KB-1263 Deadlock errors with SQL Server

Symptoms

In the application server log you will see the following sets of errors indicating deadlocks:

org.hibernate.util.JDBCExceptionReporter logExceptions
SEVERE: Transaction (Process ID 56) was deadlocked on lock resources with another process and has been chosen as the deadlock victim. Rerun the transaction.
...
<Error> <org.hibernate.util.JDBCExceptionReporter> <BEA-000000> <Transaction (Process ID 56) was deadlocked on lock resources with another process and has been chosen as the deadlock victim. Rerun the transaction.> 
...
Caused by: com.microsoft.sqlserver.jdbc.SQLServerException: Transaction (Process ID 56) was deadlocked on lock resources with another process and has been chosen as the deadlock victim. Rerun the transaction.

Depending on how the database is currently set to handle deadlocks, CPU utilization may be abnormally high as the system works to resolve the deadlocks.

Cause

Locking is enforced by the database to handle race conditions where multiple users/processes are attempting to access the same data within a database at the same time. While the default handling of locks may be suitable to ensure data integrity, it comes at the cost of system performance, as each user/thread must wait until the lock is “broken” before it can access the data it needs to.

Action

To get around this we can enable SQL Server to use “snapshots” of its data.
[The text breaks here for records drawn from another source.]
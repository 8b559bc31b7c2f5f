//! Lanes: workers in threads of their own, and the ends of their rings where the ingress puts jobs.

ghost use Rattle.std.specs.Prelude.{◌≡◌, ◌<◌, ◌++◌, ◌∷◌, [], IfNone, IfSome, IfOk, nat_lt};
ghost use Rattle.rtrb.specs.Ring.{known_free, sent, producer_capacity};

use crate::counts::{Counts, Station};
use crate::fault::UnitFault;
use crate::item::Item;
use core_steps::JOB_LIMIT;
use rate_desk::{DeskSeat, SeatCalls};
use routes::Naming;
use rtrb::{Consumer, Producer, PushError, RingBuffer};
use std::alloc::{AllocError, Global};
use std::sync::Wait;
use std::thread;
use std::thread::{JoinHandle, Threads};

/// A ring that has fewer free places is mostly full.
const FEW_SLOTS: usize = JOB_LIMIT / 4;

/// Once so many items were put into a ring, its worker is woken, whatever else is to be put there.
const MOST_UNWOKEN: u32 = 32;

/// The two ends of a worker's ring: where items are put, and where they are taken.
pub(crate) type RingEnds<J> = (Producer<Item<J>, Global>, Consumer<Item<J>, Global>);

/// The two ends of a worker's ring.
pub(crate) fn new_ring<J: Naming>(alloc: Global) -> Result<RingEnds<J>, AllocError>
    ensures { IfOk result (λ ends. producer_capacity ends.0 ≡ 1024) }
{
    RingBuffer::new(alloc, JOB_LIMIT)
}

/// What the ingress has of a worker that was started.
#[derive(Drop)]
pub(crate) struct Lane<J: Naming, C: SeatCalls> {
    pub(crate) ring: Producer<Item<J>, Global>,
    /// How many items were put into the ring.
    pub(crate) put: u64,
    /// How many of them were put there since the worker was last woken.
    pub(crate) unwoken: u32,
    pub(crate) thread: JoinHandle<DeskSeat<C>>,
}

impl<J: Naming, C: SeatCalls> Lane<J, C> {
    /// Puts an item into the ring, and wakes the worker at this station if many were put there since it was woken; a full ring hands it
    /// back.
    fn push(&mut self, station: &Station, item: Item<J>) -> Option<Item<J>>
        ensures put { IfNone result (sent self.new.ring ≡ sent self.old.ring ++ item ∷ []) }
        ensures back { IfSome result (λ i. i ≡ item) }
        ensures few { self.old.unwoken < 32 → self.new.unwoken < 32 }
    {
        match self.ring.push(item) {
            Ok(()) => {
                self.put = self.put.saturating_add(1);
                self.unwoken = self.unwoken.saturating_add(1);
                if self.unwoken >= MOST_UNWOKEN {
                    self.wake(station);
                }
                None
            }
            Err(PushError::Full(item)) => Some(item),
        }
    }

    /// Wakes the worker at this station, if anything was put into its ring since it was woken.
    fn wake(&mut self, station: &Station)
        ensures none { self.new.unwoken ≡ 0 }
        ensures ring { self.new.ring ≡ self.old.ring }
    {
        if self.unwoken > 0 {
            self.unwoken = 0;
            station.parker.unpark();
        }
    }

    /// Whether the ring is mostly full, as far as the ingress knows just now.
    fn is_crowded(&mut self) -> bool
        ensures { result ≡ nat_lt (known_free self.new.ring) 256 }
    {
        self.ring.slots() < FEW_SLOTS
    }

    /// Puts the stop after all jobs, as soon as the ring has a place for it.
    fn stop<R: Wait>(&mut self, rt: &R, station: &Station) {
        for _ in rt.forever() {
            if self.push(station, Item::Stop).is_none() {
                self.wake(station);
                return;
            }
            thread::yield_now();
        }
        unreachable!()
    }

    /// The worker's seat, once it has ended.
    fn join<R: Threads>(self, rt: &R) -> DeskSeat<C> {
        let Lane {
            ring: _,
            put: _,
            unwoken: _,
            thread,
        } = self;
        thread.join(rt)
    }
}

/// The workers that were started, by their numbers, and room for the seats that come back.
#[derive(Drop)]
pub(crate) struct Crew<J: Naming, C: SeatCalls> {
    lanes: Vec<Lane<J, C>>,
    seats: Vec<DeskSeat<C>>,
}

impl<J: Naming, C: SeatCalls> Crew<J, C> {
    /// Room for so many workers, none of whom was started.
    pub(crate) fn new(alloc: Global, workers: usize) -> Result<Crew<J, C>, AllocError> {
        let lanes = Vec::with_capacity(alloc, workers)?;
        let seats = Vec::with_capacity(alloc, workers + 1)?;
        Ok(Crew { lanes, seats })
    }

    /// Takes in the worker at this station; one that finds no room is stopped and joined.
    pub(crate) fn add<R: Threads + Wait>(
        &mut self,
        rt: &R,
        station: &Station,
        lane: Lane<J, C>,
    ) -> Result<(), UnitFault> {
        match self.lanes.push(lane) {
            Ok(()) => Ok(()),
            Err(unlisted) => {
                let mut lane = unlisted.value;
                lane.stop(rt, station);
                lane.join(rt);
                Err(UnitFault::NoMemory)
            }
        }
    }

    /// Puts an item into this worker's ring, and into no other; it is handed back if there is no such worker, or its ring is full. The
    /// worker is woken by `wake`, and by the last of many.
    pub(crate) fn push(&mut self, counts: &Counts, worker: u16, item: Item<J>) -> Option<Item<J>>
        ensures back { IfSome result (λ i. i ≡ item) }
    {
        let at = usize::from(worker);
        if at >= self.lanes.len() {
            return Some(item);
        }
        match counts.station(worker) {
            Some(station) => self.lanes[at].push(station, item),
            None => Some(item),
        }
    }

    /// Wakes each worker into whose ring anything was put since it was woken.
    pub(crate) fn wake(&mut self, counts: &Counts) {
        for (lane, station) in self.lanes.iter_mut().zip(counts.stations()) {
            lane.wake(&**station);
        }
    }

    /// Whether this worker's ring is mostly full.
    pub(crate) fn is_crowded(&mut self, worker: u16) -> bool {
        match self.lanes.get_mut(usize::from(worker)) {
            Some(lane) => lane.is_crowded(),
            None => false,
        }
    }

    /// Whether each worker has done all that was put into its ring.
    pub(crate) fn is_done(&self, counts: &Counts) -> bool {
        for (lane, station) in self.lanes.iter().zip(counts.stations()) {
            if !station.has_done(lane.put) {
                return false;
            }
        }
        true
    }

    /// Stops all workers, and takes their seats once they have ended, and the ingress's last.
    pub(crate) fn join<R: Threads + Wait>(
        self,
        rt: &R,
        counts: &Counts,
        own: DeskSeat<C>,
    ) -> Result<Vec<DeskSeat<C>>, AllocError> {
        let mut crew = self;
        crew.stop_all(rt, counts);
        let Crew { lanes, seats } = crew;
        join_all(rt, lanes, seats, own)
    }

    /// Stops all workers.
    fn stop_all<R: Wait>(&mut self, rt: &R, counts: &Counts) {
        for (lane, station) in self.lanes.iter_mut().zip(counts.stations()) {
            lane.stop(rt, &**station);
        }
    }
}

/// Takes the workers' seats once they have ended, and the ingress's last. There is room for all of them.
fn join_all<J: Naming, C: SeatCalls, R: Threads>(
    rt: &R,
    lanes: Vec<Lane<J, C>>,
    seats: Vec<DeskSeat<C>>,
    own: DeskSeat<C>,
) -> Result<Vec<DeskSeat<C>>, AllocError> {
    let mut seats = seats;
    let mut is_short = false;
    for lane in lanes {
        is_short = seats.push(lane.join(rt)).is_err() || is_short;
    }
    is_short = seats.push(own).is_err() || is_short;
    if is_short {
        return Err(AllocError);
    }
    Ok(seats)
}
Speak to your Database Administrator about enabling the following settings within your database:

SET ALLOW_SNAPSHOT_ISOLATION ON;
SET READ_COMMITTED_SNAPSHOT ON;
READ_COMMITTED_SNAPSHOT:

This creates a snapshot, a read-only copy of the database, that is separate from your live database. When you run a SELECT statement with this setting enabled, you are reading from the snapshot. When you change your database, the change is effective on the live database, and a new copy or snapshot is created later for reading.

ALLOW_SNAPSHOT_ISOLATION:

When this option is turned ON, the instance of the Microsoft SQL Server Database Engine does not generate row versions for modified data until all active transactions that have modified data in the database complete. If there are active modification transactions, SQL Server sets the state of the option to PENDING_ON. After all of the modification transactions complete, the state of the option is changed to ON. Users cannot start a snapshot transaction in that database until the option is fully ON.

Affected Versions

This article applies to all versions of Appian.